● **PROBLEM REQUIREMENTS**:
The required lines are those that contain "threads"; pull them out of the data and copy them.

%%

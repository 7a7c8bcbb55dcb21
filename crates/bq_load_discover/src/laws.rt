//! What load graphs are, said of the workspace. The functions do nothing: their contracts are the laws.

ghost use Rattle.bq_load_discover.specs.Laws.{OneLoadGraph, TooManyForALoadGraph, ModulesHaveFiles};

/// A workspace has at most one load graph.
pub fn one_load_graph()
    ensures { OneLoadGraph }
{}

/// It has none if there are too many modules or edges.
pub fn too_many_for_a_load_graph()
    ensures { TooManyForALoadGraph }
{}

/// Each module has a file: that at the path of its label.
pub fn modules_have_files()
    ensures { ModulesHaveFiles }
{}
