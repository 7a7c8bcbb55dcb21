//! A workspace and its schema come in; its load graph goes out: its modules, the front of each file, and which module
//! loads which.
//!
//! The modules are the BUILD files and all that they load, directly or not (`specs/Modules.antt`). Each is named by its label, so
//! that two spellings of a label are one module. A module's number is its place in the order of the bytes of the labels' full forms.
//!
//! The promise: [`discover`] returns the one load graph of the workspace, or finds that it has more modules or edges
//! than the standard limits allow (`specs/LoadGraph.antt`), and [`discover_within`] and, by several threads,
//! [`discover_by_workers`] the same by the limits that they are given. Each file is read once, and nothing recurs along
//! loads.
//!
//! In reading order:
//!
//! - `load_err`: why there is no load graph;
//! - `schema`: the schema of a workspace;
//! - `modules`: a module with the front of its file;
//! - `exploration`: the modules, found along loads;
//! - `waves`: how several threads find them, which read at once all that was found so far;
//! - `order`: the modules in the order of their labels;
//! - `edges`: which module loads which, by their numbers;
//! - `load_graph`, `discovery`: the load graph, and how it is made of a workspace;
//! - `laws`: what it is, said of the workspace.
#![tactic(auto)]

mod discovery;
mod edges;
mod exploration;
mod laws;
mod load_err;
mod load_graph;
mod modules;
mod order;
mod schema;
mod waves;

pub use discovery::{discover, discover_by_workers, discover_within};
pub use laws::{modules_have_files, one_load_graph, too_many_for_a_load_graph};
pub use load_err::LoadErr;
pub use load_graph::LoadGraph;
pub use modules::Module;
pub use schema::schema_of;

%%
%%

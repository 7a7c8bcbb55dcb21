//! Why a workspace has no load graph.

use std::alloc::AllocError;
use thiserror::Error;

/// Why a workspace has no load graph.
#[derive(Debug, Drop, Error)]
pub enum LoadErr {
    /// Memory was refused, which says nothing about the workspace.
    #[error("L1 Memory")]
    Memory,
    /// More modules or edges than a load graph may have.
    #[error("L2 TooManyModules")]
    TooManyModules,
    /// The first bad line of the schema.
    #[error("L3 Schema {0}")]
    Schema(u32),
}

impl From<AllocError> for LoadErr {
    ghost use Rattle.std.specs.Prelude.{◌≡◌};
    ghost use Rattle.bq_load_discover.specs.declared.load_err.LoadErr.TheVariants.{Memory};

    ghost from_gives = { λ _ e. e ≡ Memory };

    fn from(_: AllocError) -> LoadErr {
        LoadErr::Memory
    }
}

%%

● **RESULT FOR THIS EXERCISE**:
//! than the standard limits allow (`specs/LoadGraph.antt`), and [`discover_within`] and, by several threads,
//! - `waves`: how several threads find them, which read at once all that was found so far;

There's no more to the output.